Thirty-two percent of the time he walks to the plate, he slinks back to the dugout with the bat still in his hands, doing absolutely nothing with the opportunity he was given. At least grounding into a double play can plate a run from time to time.

Think about that this way: Guys like Carlos Peña shorten the game. Those three strikeouts a game represent one full inning. So with Carlos Peña in your lineup, before your team even starts the game, you are at a disadvantage. Your team plays an eight-inning game to the other team’s nine innings. (He’s an innings eater, like Joe Saunders.)

In an average 162-game season Carlos Peña strikes out 171 times. To me, that is about as productive as a congressman.

To put it in context, one season Tony Gwynn struck out just fourteen times. Fourteen. For an entire season. That’s a Sunday doubleheader’s work for Peña. (In fact, in eleven of Gwynn’s twenty seasons he struck out fewer than twenty times.)

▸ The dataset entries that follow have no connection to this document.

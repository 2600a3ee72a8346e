//! Bit-blasting: each term of a Bool or word sort as literals, by the circuit of its operator.
//!
//! `encode` appends a term's gates to a circuit and gives the literals of its bits. The contract says which gates and
//! which literals, by one table from operator to circuit. Two laws say what they mean: in every assignment that
//! satisfies the gates the bits of a term are the value that its operator gives of its arguments' values, and an
//! assignment of the variables so far goes on over the gates in exactly one way. The crate stands on the circuits of
//! cnf_base and the terms of smt_terms.
#![tactic(auto)]

mod assignment;
mod blasting;
mod laws;
mod rows;
#[cfg(test)]
mod tests;

pub use assignment::Assignment;
pub use blasting::encode;
pub use laws::{
    blocks_are_correct, blocks_are_ordered, blocks_are_small, blocks_exist,
    blocks_extend_assignments, clauses_fix_values,
};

Okay, Carolos Peña isn’t Tony Gwynn. But does he have to be Carlos Peña?  And does he have to be Carlos Peña on the Rangers? He’s not the future of this team (unfortunately, his production represents the current state of the team) so why take away at bats from somebody who is?

There isn’t one player in the entire Rangers organization who can afford a first-baseman’s glove? I will gladly pitch in two dollars.

I remember two years ago, coming off a season where he “hit” .197 (and that was following a .207 season and a .196 season), Peña hit free agency. His agent was Scott Boras.

Boras went on MLB Radio and, with a straight face (I could see his face through the airwaves), actually said his client, one Carlos Peña, was one of the top five players in the game, and should be paid that way, and he spent the next five minutes spewing stats to back up his point. I was laughing too hard to hear them.  He was asking for ten million dollars a year for this fine specimen of baseball.

He ended signing with the Astros for a million dollars.

It seems free agency was just one more thing Peña couldn’t hit. He foul tipped it.

I keep remembering that scene in Moneyball where Billy Beane, after repeatedly being ignored by Art Howe in his request for his stubborn manager to bench the unproductive Carlos Peña, finally said to him before a game,  “You’re not playing Peña tonight.”

“Oh, yes I am,” Howe insisted.

“No you’re not. I traded him to Detroit.”

Can’t the Rangers trade Peña to Detroit or something? (They owe us big time.) Just get him off the Rangers roster.

Wait a minute, maybe he can be the hitting coach.